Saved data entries
******
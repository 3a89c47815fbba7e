//! One link of a data link: what its endpoint sends, slot by slot.

ghost use Rattle.std.specs.Prelude.{◌≡◌, ◌≤◌, ◌<◌, ◌↔◌, ◌&&◌, [], ◌∷◌, if◌then◌else◌, map, length};
ghost use Rattle.std.specs.Prelude.{true};
ghost use Rattle.std.specs.Prelude.{false, All, List, IsTrue, IfOk, OnErr};
ghost use Rattle.std.specs.Prelude.{OnOk, Option, Some, None};
ghost use Rattle.std.specs.Option.{option_map};
ghost use Rattle.std.specs.Str.{bytes_eq};
ghost use Rattle.std.specs.Result.{result_err};
ghost use Rattle.lapdm_frame.specs.Content.{Frame, content_of_body, frame_of_view};
ghost use Rattle.lapdm_frame.specs.Frames.{FrameFits, InformationFits, NsAndNrFit, octets_of};
ghost use Rattle.lapdm_frame.specs.declared.Channel.{Channel as ChannelOf};
ghost use Rattle.lapdm_end.specs.lapdm_window.Calls.{endpoint_call_of, IsCallAllowedFor, OpensWithoutInfo, SendsUi};
ghost use Rattle.lapdm_end.specs.lapdm_window.Calls.{refusal_of, call_outcome};
ghost use Rattle.lapdm_end.specs.lapdm_window.Ends.{initial_endpoint, awaits_answer, sapi_number};
ghost use Rattle.lapdm_end.specs.lapdm_window.segmenting.Buffers.{octets_in_buffer};
ghost use Rattle.lapdm_end.specs.lapdm_window.Tables.{SendsDm, outcome_of_reply, frame_outcome, is_command, answers_repeated_sabm};
ghost use Rattle.lapdm_end.specs.lapdm_window.declared.Sapi.TheVariants as P;
ghost use Rattle.lapdm_end.specs.Addresses.{spec_role_of};
ghost use Rattle.lapdm_datalink.specs.Links.{
  LinkState,
  link_with,
  afresh,
  as_normal,
  unacked_messages,
  is_awaiting_kind,
  with_frame,
  with_frames,
  with_outcome,
  IsLinkCall,
  for_call,
  is_reopened_by_call,
  is_opening_content,
  may_be_established,
  for_establishment,
  after_establishment,
  for_frame,
  is_reopened_by_frame,
  after_call,
  after_frame,
  frame_notices,
  received_outcome,
  refuses,
  as_taken,
  content_as_taken,
  nr_as_taken,
  is_numbered,
  is_opened_again,
  is_return,
  renewed_for,
  heard_with,
  after_received,
  received_notices,
  ui_frame,
  is_unnumbered_answer,
  is_too_early,
  is_unasked_dm,
  ignores,
  is_due,
  is_plain_rr,
  sabm_goes_first,
  without_needless_answer,
  keeps_back,
  expires,
  sends_due_frame,
  slot_outcome,
};
ghost use Rattle.lapdm_datalink.specs.DataLinks.{on_sapi0};
ghost use Rattle.lapdm_datalink.specs.Abstraction.{channel_of, role_of, sapi_of, Represents, MayBeReturned, notices_if};

use lapdm_end::{Call, Channel, Effects, Endpoint, MessageBuffer, Refused, Role, Sapi, State};
use lapdm_frame::{BLOCK_OCTETS, Body, FrameView, read_on, write_on};

/// A link of one SAPI, and what it has to send.
#[derive(Debug, Drop)]
pub struct Link {
    pub(crate) endpoint: Endpoint,
    // T200 in slots.
    pub(crate) t200: u8,
    // The answer that waits for a slot.
    pub(crate) answer: Option<[u8; BLOCK_OCTETS]>,
    // Whether the frame that awaits an answer was sent.
    pub(crate) is_sent: bool,
    // The slots until that frame is due.
    pub(crate) clock: u8,
    // Whether an I, RR, RNR or REJ was received in Open.
    pub(crate) heard: bool,
}

/// What a link does in a slot.
#[derive(Clone, Copy, Debug)]
pub struct LinkSlot {
    /// The block to send, if any.
    pub block: Option<[u8; BLOCK_OCTETS]>,
    /// Whether the link was given up in this slot: it is closed as failed.
    pub gave_up: bool,
}

// Returns whether a frame with this body awaits an answer.
pub(crate) fn is_awaiting_kind(body: &Body<'_>) -> bool
    ensures { result ≡ is_awaiting_kind (content_of_body body.now) }
{
    match *body {
        Body::I { .. } | Body::Sabm { .. } | Body::Disc { .. } => true,
        _ => false,
    }
}

// Returns whether a side sends a frame with this body in Open alone.
fn is_numbered(is_command: bool, body: &Body<'_>) -> bool
    ensures { result ≡ is_numbered is_command (content_of_body body.now) }
{
    match *body {
        Body::I { .. } => is_command,
        Body::Rr { .. } | Body::Rnr { .. } | Body::Rej { .. } => true,
        _ => false,
    }
}

fn is_unnumbered_answer(body: &Body<'_>) -> bool
    ensures { result ≡ is_unnumbered_answer (content_of_body body.now) }
{
    match *body {
        Body::Ua { .. } | Body::Dm { .. } => true,
        _ => false,
    }
}

fn may_be_established(state: State) -> bool
    ensures { result ≡ may_be_established state }
{
    match state {
        State::Opening | State::Closing => false,
        State::Idle | State::Open | State::Closed => true,
    }
}

// Returns whether this is the body of a SABM without information.
fn is_opening_body(body: &Body<'_>) -> bool
    ensures { result ≡ is_opening_content (content_of_body body.now) }
{
    match body {
        Body::Sabm { info, .. } => info.is_empty(),
        _ => false,
    }
}

pub(crate) fn sapi_number(sapi: Sapi) -> u8
    ensures { result ≡ sapi_number sapi }
{
    match sapi {
        Sapi::Zero => 0,
        Sapi::Three => 3,
    }
}

// Returns the block of an endpoint with this SAPI as the link of SAPI 0 sends it: with SAPI 0 in its address octet.
pub(crate) fn on_sapi0(
    endpoint_sapi: Sapi,
    channel: Channel,
    block: [u8; BLOCK_OCTETS],
) -> [u8; BLOCK_OCTETS]
    ensures { (f : Frame) → block ≡ octets_of channel f → result ≡ octets_of channel (on_sapi0 endpoint_sapi f) }
{
    let mut sent = block;
    // The two lowest bits are C/R and EA.
    match (endpoint_sapi, channel) {
        (Sapi::Zero, _) => {}
        (Sapi::Three, Channel::Sdcch) => sent[0] = block[0] % 4,
        (Sapi::Three, Channel::Sacch) => sent[2] = block[2] % 4,
    }
    sent
}

/// Returns the block of an endpoint with this SAPI, if any, as the link of SAPI 0 sends it.
pub fn any_on_sapi0(
    endpoint_sapi: Sapi,
    channel: Channel,
    block: Option<[u8; BLOCK_OCTETS]>,
) -> Option<[u8; BLOCK_OCTETS]>
    ensures { (sent : Option Frame) → block ≡ option_map (octets_of channel) sent
        → result ≡ option_map (octets_of channel) (option_map (on_sapi0 endpoint_sapi) sent) }
{
    match block {
        None => None,
        Some(block) => Some(on_sapi0(endpoint_sapi, channel, block)),
    }
}

// Returns whether the block encodes an RR with F = 0.
fn is_plain_rr(block: &[u8; BLOCK_OCTETS], channel: Channel) -> bool
    ensures { (f : Frame) → FrameFits channel f → block.now ≡ octets_of channel f → result ≡ is_plain_rr f.content }
{
    match read_on(block, channel) {
        Err(_) => false,
        Ok(frame) => match frame.body {
            Body::Rr { pf, .. } => !pf,
            _ => false,
        },
    }
}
******
*Work task*.
Look for the line with "Frame) → FrameFits" in the records above. Repeat it and each line after it exactly.

*Output below*.
    ensures { (f : Frame) → FrameFits channel f → block.now ≡ octets_of channel f → result ≡ is_plain_rr f.content }
{
    match read_on(block, channel) {
        Err(_) => false,
        Ok(frame) => match frame.body {
            Body::Rr { pf, .. } => !pf,
            _ => false,
        },
    }
}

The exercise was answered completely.